Here are three key metrics I have developed which I believe are formula for success. Each Suburb that has outperformed the state average consistently appears with each of these three characteristics.

Good Amenity

Good amenity can be perceived in simple language with the phrase ‘why would I live here?’.

Consider:

- Closeness to work and employment

- Closeness to family

- The beach or river

- Sporting facilities

- Being near tertiary education facilities and good school catchments

- Cafes, restaurants and bars

- Health facilities (aging populace and over 55’s)
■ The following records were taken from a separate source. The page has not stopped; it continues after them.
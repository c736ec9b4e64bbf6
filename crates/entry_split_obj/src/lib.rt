// The entry `split_obj` behind its C name: the checks of its tables, the walk, and what is left in the lent outputs. The columns that the checks fill are local.
// From the splits on it is stage_walk.
#![tactic(auto)]

ghost use Rattle.std.specs.Prelude.{◌≡◌, ◌≤◌, length};
ghost use Rattle.name_table.specs.Columns.{ReadableIn};
ghost use Rattle.walk.specs.Giving.{output_in};
ghost use Rattle.stage_walk.specs.Room.{room_in, within_ceilings};
ghost use Rattle.stage_walk.specs.Lines.{Gives, HeadedIn};
ghost use Rattle.stage_walk.specs.Laid.{OutputFits};
ghost use Rattle.entry_split_obj.specs.Entry.{split_obj_of, Laid, Leaves};
ghost use Rattle.entry_split_obj.specs.Lines.{from_symbols_in, split_obj_in, made_by, sizes_of};

use lent_tables::{NO_TABLES, StageTables};
use name_table::NameArrays;
use names::Names;
use obj::{Refusal, Table, word_of};
use outputs::{clear_from, put_counts};
use pieces::{Counts, PieceTables};
use stage_sections::{SectionArrays, SymbolArrays};
use stage_tables::relocs_table;
use stage_walk::{lay_output, room_of, with_splits};

// The symbols with their order, the relocations, and the tables after them.
fn with_symbols(
    names: &Names,
    heads: &Table,
    image: &Table,
    lent: &StageTables,
    tables: &mut PieceTables,
) -> Result<(), Refusal>
    requires { ReadableIn names.now
        × HeadedIn heads.now image.now names.now.places.now
        × (length names.now.lengths.now ≤ 4096) }
    ensures { Gives (from_symbols_in names.now heads.now image.now lent.now (within_ceilings tables.old.room)) tables.old tables.new result }
{
    let mut symbols = SymbolArrays::new();
    let obj = symbols.take(names, heads, lent.symbols)?;
    let n = obj.symbols.places.len();
    let mut reloc_places = [0u32; 4096];
    let mut floors = [0u32; 64];
    let relocs = relocs_table(heads, n, lent.relocs, 4096, &mut reloc_places, &mut floors)?;
    with_splits(&obj, image, &relocs, lent.splits, lent.units, tables)
}

// All tables: the names, the sections with the places of their bytes, and the tables after them.
// `entry_questions::answered` checks the same two tables first, by the same calls. One function for both would be lent the two structs of arrays, which own what it gives, and give a pair, to save a `?`.
fn checked(lent: &StageTables, tables: &mut PieceTables) -> Result<(), Refusal>
    ensures { Gives (split_obj_in lent.now (within_ceilings tables.old.room)) tables.old tables.new result }
{
    let mut columns = NameArrays::new();
    columns.check(lent.name_ends, lent.name_bytes, 4096)?;
    let names = columns.names(lent.name_ends, lent.name_bytes);
    let mut sections = SectionArrays::new();
    let headed = sections.take(
        names.lengths,
        lent.sections,
        lent.section_places,
        lent.image,
    )?;
    with_symbols(&names, &headed.heads, &headed.image, lent, tables)
}

// How many records are left of each: none after a refusal.
pub fn made_of(r: Result<(), Refusal>, made: Counts) -> Counts
    ensures { result ≡ made_by r made }
{
    r.map_or(Counts::default(), |_| made)
}

// Zeros after the records, and their numbers in the counts. The outputs of the C entry one by one: the counts are no part of PieceTables, and `made` is 0 after a refusal.
pub fn lay(
    made: Counts,
    pieces: &mut [u8],
    entries: &mut [u8],
    offsets: &mut [u8],
    counts: &mut [u8],
)
    requires { OutputFits made (length pieces.old) (length entries.old) (length offsets.old) }
    ensures { Laid (output_in pieces.old entries.old offsets.old made)
        (sizes_of pieces.old entries.old offsets.old counts.old)
        pieces.new entries.new offsets.new counts.new }
{
    lay_output(made, pieces, entries, offsets);
    clear_from(counts, 0);
    put_counts(
        counts,
        &[made.pieces as u16, made.symbols as u16, made.relocs as u16],
    );
}

// The entry: the pieces with their symbols and relocations, or a refusal, and every byte of the outputs.
pub fn split_obj(
    name_ends: &[u8],
    name_bytes: &[u8],
    sections: &[u8],
    section_places: &[u8],
    image: &[u8],
    symbols: &[u8],
    relocs: &[u8],
    splits: &[u8],
    unit_table: &[u8],
    pieces: &mut [u8],
    entries: &mut [u8],
    offsets: &mut [u8],
    counts: &mut [u8],
) -> u64
    ensures { Leaves
        (split_obj_of name_ends.now name_bytes.now sections.now section_places.now image.now symbols.now relocs.now splits.now unit_table.now (room_in (length pieces.old) (length entries.old) (length offsets.old)))
        (sizes_of pieces.old entries.old offsets.old counts.old) result pieces.new entries.new offsets.new counts.new }
{
    let mut tables = PieceTables {
        room: room_of(pieces.len(), entries.len(), offsets.len()),
        made: Counts::default(),
        pieces: &mut *pieces,
        symbols: &mut *entries,
        relocs: &mut *offsets,
    };
    let r = checked(
        &StageTables {
            name_ends,
            name_bytes,
            sections,
            section_places,
            image,
            symbols,
            relocs,
            splits,
            units: unit_table,
            ..NO_TABLES
        },
        &mut tables,
    );
    let made = made_of(r, tables.made);
    lay(made, pieces, entries, offsets, counts);
    word_of(r)
}
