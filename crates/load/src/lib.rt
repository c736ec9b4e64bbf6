// The record file: document 01, "Records and ceilings", "Refused, by place", Tables. "Records are checked in file order, .. each for 1, 2, then
// its kind's number". Nothing is copied: what is loaded are the places of the records' payloads. Each record is decided first, over columns that
// are only read, and then kept.
#![tactic(auto)]

mod kind;
mod reading;

ghost use Rattle.std.specs.Prelude.{◌≡◌, ◌+◌, ◌≤◌, ◌<◌, length, get_or, set, take, drop};
ghost use Rattle.lists.specs.Rows.{clear_from};
ghost use Rattle.fields.specs.Fields.{le16, le32};
ghost use Rattle.obj.specs.Nothing.{no_section};
ghost use Rattle.obj.specs.Records.{reloc_at};
ghost use Rattle.names.specs.Index.{Sought};
ghost use Rattle.tables.specs.Records.{sections_in};
ghost use Rattle.load.specs.Load.{nothing, names_in, name_number, section_length, section_number, symbol_number, reloc_number, split_number, unit_number, kind_number, record_number, load_from, load_of};
ghost use Rattle.load.specs.Kinds.{code_of, Decided};
ghost use Rattle.load.specs.Reading.{so_far, fault_in, loaded_in, SameColumns, ReadyIn, KeptIn, LoadsIn};
ghost use Rattle.load.specs.Columns.{part, tables_in, floors_in, no_counts, fault_as, one_more, slot_of, Room, Ready, Counted, RelocFits, Kept, Loads};

use faults::{reloc_bad, section_bad, split_bad, symbol_bad, unit_bad};
use fields::Field;
use frames::{is_cut, next_at};
use kind::Kind;
use names::{Names, bad_name, bucket_of, clear_heads, enter, find};
use obj::{
    PARTIAL_BYTES, Record, Refusal, Reloc, Section, Symbol, Table, Unit, read_partial, refuse,
};
use reading::{Columns, Payload, SoFar};
pub use tables::Counts;
use tables::{Ceilings, length_of, section_or_none};

// Where the parts of the column of places start: 64 sections, 4,096 symbols, 4,096 relocations, 1,024 splits, 1,024 units, 4,096 names, and
// for each section one more than the address of its last relocation. One column with parts, and not seven: there is no heap, so each column that is written is one more slice
// that every caller makes, lends and says is the same afterwards; and where a record goes is one place in one column (`slot_of`), whatever its kind.
pub const SECTIONS: usize = 0;

pub const SYMBOLS: usize = 64;

pub const RELOCATIONS: usize = 4160;

pub const SPLITS: usize = 8256;

pub const UNITS: usize = 9280;

pub const NAMES: usize = 10304;

pub const FLOORS: usize = 14400;

pub const PLACES: usize = 14464;

// So many places of the column, from a base on: the part of a kind, where the base is its own.
pub fn part(places: &[u32], base: usize, n: usize) -> &[u32]
    requires { base + n ≤ length places.now }
    ensures { result.now ≡ part base n places.now }
{
    let end = base + n;
    &places[base..end]
}

// As `tables::main_ceilings`, other numbers of one struct, which the definitions have under this name.
fn no_counts() -> Counts
    ensures { result ≡ no_counts }
{
    Counts::default()
}

// ---- what a record refers to

// The length of name k, 0 of one that is not among the names so far, as `tables::length_of` gives it.
fn name_length(before: &SoFar, k: u16) -> usize
    ensures { result ≡ get_or (take before.now.counts.names before.now.lengths.now) k 0 }
{
    let n = before.counts.names;
    length_of(&before.lengths[..n], k as usize)
}

// Section k of those so far, or an empty one, as `tables::section_or_none` gives it.
fn home_of(before: &SoFar, k: u16) -> Section
    ensures { result ≡ get_or (sections_in before.now.file.now (part 0 before.now.counts.sections before.now.places.now)) k no_section }
{
    section_or_none(
        &Table {
            bytes: before.file,
            places: part(before.places, SECTIONS, before.counts.sections),
        },
        k as usize,
    )
}

// One more than the address of the last relocation of section k, 0 if there is none.
#[tactic(auto, unfolding(crate::specs::Columns::part))]
fn floor_of(before: &SoFar, k: u16) -> u32
    ensures { result ≡ get_or (floors_in before.now.places.now) k 0 }
{
    before.places[FLOORS..PLACES]
        .get(usize::from(k))
        .copied()
        .unwrap_or(0)
}

// The number of the name that the payload is, if it is one of the names so far. Inlined: a reference into what is loaded so far, handed to a call, keeps all
// of it in memory, and loading 1,024 bare splits takes half as many instructions again.
#[inline(always)]
fn find_name(payload: &Payload) -> Option<usize>
    ensures { Sought (names_in payload.now.before.file.now (so_far payload.now.before)) (take payload.now.len (drop payload.now.at payload.now.before.file.now)) result }
{
    let before = &payload.before;
    let known = before.counts.names;
    let end = NAMES + known;
    let past = payload.at + payload.len;
    find(
        &Names {
            bytes: before.file,
            places: &before.places[NAMES..end],
            lengths: &before.lengths[..known],
        },
        known,
        &before.index,
        &before.file[payload.at..past],
    )
}

// ---- the number of a record's first fault, as the error: "1, 2, then its kind's number". No common function stands for them: each kind reads its own record, looks up other
// numbers, and asks other columns.

// "3 name byte or length"; "a repeated name adds none", so it is never 2 or 3.
fn name_number(payload: &Payload) -> Result<(), u16>
    ensures { result ≡ fault_in name_number payload.now }
{
    if find_name(payload).is_some() {
        return Ok(());
    }
    let before = &payload.before;
    if before.most.names <= before.counts.names {
        return Err(2);
    }
    let past = payload.at + payload.len;
    if bad_name(&before.file[payload.at..past]) {
        return Err(3);
    }
    Ok(())
}

// "then its bytes unless kind 3", "Section bytes equal size": the length is another one.
fn section_length_wrong(payload: &Payload) -> bool
    ensures { result ≡ section_length payload.now.before.file.now payload.now.at payload.now.len }
{
    if payload.len < 15 {
        return true;
    }
    let s = Section::read(payload.before.file, payload.at);
    if s.is_bss() {
        return payload.len != 15;
    }
    payload.len != 15 + (s.size as usize)
}

// "4 section: .."
fn section_number(payload: &Payload) -> Result<(), u16>
    ensures { result ≡ fault_in section_number payload.now }
{
    if section_length_wrong(payload) {
        return Err(1);
    }
    let before = &payload.before;
    if before.most.sections <= before.counts.sections {
        return Err(2);
    }
    let s = Section::read(before.file, payload.at);
    if section_bad(s, name_length(before, s.name)) {
        return Err(4);
    }
    Ok(())
}

// "5 symbol: .."
fn symbol_number(payload: &Payload) -> Result<(), u16>
    ensures { result ≡ fault_in symbol_number payload.now }
{
    if payload.len != 20 {
        return Err(1);
    }
    let before = &payload.before;
    let n = before.counts;
    if before.most.symbols <= n.symbols {
        return Err(2);
    }
    let s = Symbol::read(before.file, payload.at);
    if symbol_bad(s, n.names, n.sections, home_of(before, s.section)) {
        return Err(5);
    }
    Ok(())
}

// "6 relocation: .."
fn reloc_number(payload: &Payload) -> Result<(), u16>
    ensures { result ≡ fault_in reloc_number payload.now }
{
    if payload.len != 23 {
        return Err(1);
    }
    let before = &payload.before;
    let n = before.counts;
    if before.most.relocations <= n.relocations {
        return Err(2);
    }
    let r = Reloc::read(before.file, payload.at);
    let home = home_of(before, r.section);
    let floor = floor_of(before, r.section);
    if reloc_bad(r, n.sections, n.symbols, home, floor) {
        return Err(6);
    }
    Ok(())
}

// "7 split: .."; "a split's section is left to 20"
fn split_number(payload: &Payload) -> Result<(), u16>
    ensures { result ≡ fault_in split_number payload.now }
{
    if payload.len != PARTIAL_BYTES {
        return Err(1);
    }
    let before = &payload.before;
    if before.most.splits <= before.counts.splits {
        return Err(2);
    }
    // 7 does not ask for its number
    let s = read_partial(before.file, payload.at, 65535);
    let unit_len = name_length(before, s.unit);
    let rename_len = name_length(before, s.rename);
    if split_bad(s, unit_len, rename_len) {
        return Err(7);
    }
    Ok(())
}

// "8 unit: .."
fn unit_number(payload: &Payload) -> Result<(), u16>
    ensures { result ≡ fault_in unit_number payload.now }
{
    if payload.len != 8 {
        return Err(1);
    }
    let before = &payload.before;
    if before.most.units <= before.counts.units {
        return Err(2);
    }
    let u = Unit::read(before.file, payload.at);
    if unit_bad(u, name_length(before, u.name)) {
        return Err(8);
    }
    Ok(())
}

// By kind.
#[tactic(auto, unfolding(crate::specs::Load::kind_number))]
fn kind_number(kind: Kind, payload: &Payload) -> Result<(), u16>
    ensures { result ≡ fault_in (λ c file at len t. kind_number c file at len t (code_of kind)) payload.now }
{
    match kind {
        Kind::Name => name_number(payload),
        Kind::Section => section_number(payload),
        Kind::Symbol => symbol_number(payload),
        Kind::Relocation => reloc_number(payload),
        Kind::Split => split_number(payload),
        Kind::Unit => unit_number(payload),
    }
}
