// What the ceilings leave for the names that a run adds to those of its file: "4,096 names of 65,535 bytes in all", and no more than is lent for them.
#![tactic(auto)]

ghost use Rattle.std.specs.Prelude.{◌≡◌, ◌-◌, ◌≤◌, length};
ghost use Rattle.lists.specs.Bounds.{lower as lowerOf};
ghost use Rattle.run_room.specs.Room.{sum};

use std::cmp::min;

// How many bytes the names have in all.
fn bytes_of(lengths: &[u8]) -> usize
    requires { length lengths.now ≤ 4096 }
    ensures { result ≡ sum lengths.now }
{
    let mut bytes: usize = 0;
    for length in lengths {
        bytes += usize::from(*length);
    }
    bytes
}

// How many names may be added to those that are `there`, where `most` are lent a place.
pub fn names_room(there: usize, most: usize) -> usize
    ensures { result ≡ lowerOf (4096 - there) most }
{
    min(4096_usize.saturating_sub(there), most)
}

// How many bytes these may have, beside the names of these lengths.
pub fn bytes_room(lengths: &[u8], most: usize) -> usize
    requires { length lengths.now ≤ 4096 }
    ensures { result ≡ lowerOf (65535 - sum lengths.now) most }
{
    min(65535_usize.saturating_sub(bytes_of(lengths)), most)
}
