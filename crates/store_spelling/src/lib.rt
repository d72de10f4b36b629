//! What the bytes of a store spell: an index, sheets and entries, by the one spelling that each has.
#![tactic(auto)]

pub mod laws;
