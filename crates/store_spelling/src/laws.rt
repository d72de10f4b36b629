//! What follows from the definitions of spellings in a store.

ghost use Rattle.std.specs.Prelude.{◌≡◌, ◌<◌, ◌≤◌, ℕ, All, List, Result, Some, length};
ghost use Rattle.oemm_limits.specs.declared.TheConstants.{MOST_ITEMS, MOST_LEAVES};
ghost use Rattle.oemm_octree.specs.declared.cells.Cell.{Cell};
ghost use Rattle.oemm_octree.specs.Leaves.{AreBelow, AreTiles};
ghost use Rattle.mesh_data.specs.Mesh.{Mesh, start};
ghost use Rattle.sheet_data.specs.declared.index.IndexSheet.{IndexSheet};
ghost use Rattle.sheet_data.specs.declared.index.NumberedEntry.{NumberedEntry};
ghost use Rattle.sheet_data.specs.declared.patches.Patch.{Patch};
ghost use Rattle.sheet_data.specs.declared.sheets.LeafSheet.{LeafSheet};
ghost use Rattle.byte_grammar.specs.Calls.{Decodes};
ghost use Rattle.byte_grammar.specs.Reader.{IsBytes};
ghost use Rattle.byte_grammar.specs.declared.fault.CodecFault.{CodecFault};
ghost use Rattle.leaf_codec.specs.Entries.{IsEntrySpelling, entry};
ghost use Rattle.leaf_codec.specs.Index.{IsIndexSpelling, KeepsIndexRules, index};
ghost use Rattle.leaf_codec.specs.Sheets.{IsSheetSpelling, KeepsSheetRules};
ghost use Rattle.leaf_codec.specs.Sheets as sheets;
ghost use Rattle.mesh_sheets.specs.Sheets.{sheet};
ghost use Rattle.mesh_sheets.specs.Written.{sheets_of};
ghost use Rattle.sheet_forms.specs.Formed.{IsPatchFor, IsSheetOf};
ghost use Rattle.sheet_forms.specs.Storable.{IsStorable};
ghost use Rattle.stored_mesh.specs.Stored.{Base};
ghost use Rattle.store_spelling.specs.Bases.{IsBase};
ghost use Rattle.store_spelling.specs.Spelled.{Tells, store_spelling};

use leaf_codec::Blob;
use sheet_data::{IndexSheet, LeafSheet, NumberedEntry};

/// What decoding answers is what the bytes spell, and where it tells a fault they spell nothing.
pub fn reading_laws()
    ensures indexes { (bytes : List ℕ) (answer : Result IndexSheet CodecFault) → Decodes index bytes answer
        → Tells store_spelling.index bytes answer }
    ensures sheets { (bytes : List ℕ) (answer : Result LeafSheet CodecFault) → Decodes sheets.sheet bytes answer
        → Tells store_spelling.sheet bytes answer }
    ensures entries { (bytes : List ℕ) (answer : Result NumberedEntry CodecFault) → Decodes entry bytes answer
        → Tells store_spelling.entry bytes answer }
{}

/// What is encoded, in whichever format, is spelled so.
pub fn writing_laws()
    ensures indexes { (format : ℕ) (bytes : List ℕ) (x : IndexSheet) → IsIndexSpelling format bytes x
        → store_spelling.index bytes ≡ Some x }
    ensures sheets { (format : ℕ) (bytes : List ℕ) (x : LeafSheet) → IsSheetSpelling format bytes x
        → store_spelling.sheet bytes ≡ Some x }
    ensures entries { (format : ℕ) (bytes : List ℕ) (x : NumberedEntry) → IsEntrySpelling format bytes x
        → store_spelling.entry bytes ≡ Some x }
{
    IndexSheet::codec_laws();
    LeafSheet::codec_laws();
    NumberedEntry::codec_laws();
}

/// What bytes spell has its spelling in them, in some format.
pub fn spelling_laws()
    ensures indexes { (bytes : List ℕ) (x : IndexSheet) → IsBytes bytes → store_spelling.index bytes ≡ Some x
        → (format : ℕ) × IsIndexSpelling format bytes x }
    ensures sheets { (bytes : List ℕ) (x : LeafSheet) → IsBytes bytes → store_spelling.sheet bytes ≡ Some x
        → (format : ℕ) × IsSheetSpelling format bytes x }
    ensures entries { (bytes : List ℕ) (x : NumberedEntry) → IsBytes bytes → store_spelling.entry bytes ≡ Some x
        → (format : ℕ) × IsEntrySpelling format bytes x }
{
    IndexSheet::codec_laws();
    LeafSheet::codec_laws();
    NumberedEntry::codec_laws();
}

/// A sheet that a leaf can have can be encoded, and so can each sheet of a mesh that can stand in sheets, each that a
/// well-formed patch makes, and the index and the first sheets of a base that a store can be built from.
pub fn rule_laws()
    ensures formed { (cells : List Cell) (names leaf : ℕ) (s : LeafSheet) → names ≤ MOST_ITEMS
        → length cells ≤ MOST_LEAVES → length s.faces ≤ MOST_ITEMS → IsSheetOf cells names leaf s → KeepsSheetRules s }
    ensures sheets { (cells : List Cell) (names : ℕ) (m : Mesh) (leaf : ℕ) → names ≤ MOST_ITEMS
        → length cells ≤ MOST_LEAVES → leaf < length cells → IsStorable cells names m
        → KeepsSheetRules (sheet cells m leaf) }
    ensures written { (cells : List Cell) (core : List ℕ) (p : Patch) → AreTiles cells → AreBelow (length cells) core
        → IsPatchFor cells core p → All KeepsSheetRules (sheets_of cells p) }
    ensures index { (b : Base) → IsBase b → KeepsIndexRules b.index }
    ensures first { (b : Base) (leaf : ℕ) → IsBase b → leaf < length b.index.cells
        → KeepsSheetRules (sheet b.index.cells (start b.soup) leaf) }
{}
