//! Finite sets of numbers below a bound, a bit for each: copied as they are, without memory.
//! Every contract speaks of members; that a set is a number or an array of words is for this crate
//! alone. It knows nothing of what the numbers stand for.
#![tactic(auto)]

mod bits;
mod laws;

pub use bits::Bits;
pub use laws::{same_members_are_equal, size_grows, size_grows_by_member, size_is_at_most_bound};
- Low Crime rates and state housing numbers

If an area has good amenity it means there are many compelling reason to be in that suburb, hence fuelling demand. This will place upward demand on supply, and allow you to charge a premium for your product if the market is in undersupply in that area.

High owner-occupier rate 

This is an important metric. There are two reasons for this;

  1. Humans are group animals. They stay together. Biology and research support this. In fact, social psychology tells us that 80% of people move back to within 10KM of where they grew up or where their family was later in life. These buyers will pay a premium for these areas making developments in these areas easier to sell fro a higher price.
  2. All suburbs have profiles and cycles. This is largely determined by the type of people that live there. In a suburb with a low owner occupier rate, it means that housed that are not owner occupied are either vacant or tenanted. There are a few problems with this; there is generally less care for property amongst renters – the streetscape deteriorates and the overall appearance of the neighbourhood declines and the renters may not stay for long. There is less connection between neighbours; street awareness is non-existent, and crime is more likely to go undetected and as a result; rise.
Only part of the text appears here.